Any help on how to tackle this problem is appreciated.

. enter image description here

  • 1
    $\begingroup$ $\xi$ will likely vary strongly with velocity. $\endgroup$
    – Rick
    Sep 15, 2015 at 18:03
  • $\begingroup$ Would you be able to be more specific? $\xi$ is a combination of frictional and inertial losses. Where do you think the contribution is greatest? $\endgroup$
    – Ruudc
    Sep 16, 2015 at 19:02
  • $\begingroup$ At low speeds (small head differences) it's probably mostly viscous losses, at higher speeds the inertial losses will probably dominate. Are you trying to model this as a 2D problem? If not, what's the width? $\endgroup$
    – Rick
    Sep 16, 2015 at 19:19
  • 1
    $\begingroup$ Yes, that makes sense. I am trying to solve in 3D with a width of 3.2 meter. At the moment I know that the combined inertial losses are $\xi$ = 1.62 and the frictional losses are $\xi$ = 0.38. Though I am still unsure how to determine the velocity magnitude and profile in the region I indicated. The head difference is between 0.5 and 1.5 meter. $\endgroup$
    – Ruudc
    Sep 18, 2015 at 6:34
  • $\begingroup$ How did you get those values for $\xi$? The inlet flow will likely just converge on the inlet pretty uniformly with small amount of viscous loss. At the outlet, the flow will likely continue along it's path gradually spreading with recirculation zones on either side and the top. Calculating these zones would require CFD, though some approximation techniques probably exist. Why do you need the flow profile? If you're just trying to calculate losses, you can probably just assume there's no pressure recovery at the outlet, and there's no losses at in the inlet. $\endgroup$
    – Rick
    Sep 18, 2015 at 13:10

2 Answers 2


The outflow case could be considered assuming a jet confined on one side. That should give a reasonable analytical solution for the ocean side.
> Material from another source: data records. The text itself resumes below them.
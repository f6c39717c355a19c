//! Giving up a pair row that lies too low.
ghost use Rattle.std.specs.Prelude.{◌≡◌, IfSome};
ghost use Rattle.ist_rows.specs.declared.kinds.Kind.TheVariants.{Pair};
ghost use Rattle.ist_rows.specs.Rows.{IsCaller, IsAtTable, spares_of};
ghost use Rattle.ist_rows.specs.CallerLaws.{without_row};
ghost use Rattle.ist_rows.specs.Dropping.{HasPairBelow, HasLost};

use crate::callers::Caller;
use ist_rule::{TreeTable, know, load_past};

/// Gives up the pair row that the caller holds, since it lies below the published inner row `node`.
///
/// The row is lost: it is never published, and its words are never reserved again. The next pair row
/// that the caller reserves is a fresh one.
pub fn drop_pair(table: &TreeTable, who: &mut Caller, node: u32)
    requires caller { IsAtTable table.now IsCaller who.old }
    requires below { HasPairBelow who.old node }
    ensures caller { IsAtTable table.now IsCaller who.new }
    ensures number { who.new.number ≡ who.old.number }
    ensures rows { spares_of who.new ≡ without_row Pair (spares_of who.old) }
    ensures lost { IfSome who.old.pair (λ pair.
        HasLost who.old.token.view who.old.number pair node who.new.token.view) }
{
    know(&who.token);
    if let Some(pair) = who.pair {
        // Lose. Meets no other's step: only the row's caller uses it.
        load_past(table, &mut who.token, pair, node);
        who.pair = None;
    }
}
The inflow case is trickier, but you should be able to find some research on flow fields upstream of an orifice. The bed confines the inflow, so that's a bit of a unique case. Try looking for studies on an orifice intake with the bed/floor confining the inflow. I would think someone's published flow fields for that case.


As a simplification I would assume that the flow going into the pipe flowed mostly uniformly towards the pipe from all directions, meaning that the flow velocity would drop off rapidly and there would be very little energy loss associated with it.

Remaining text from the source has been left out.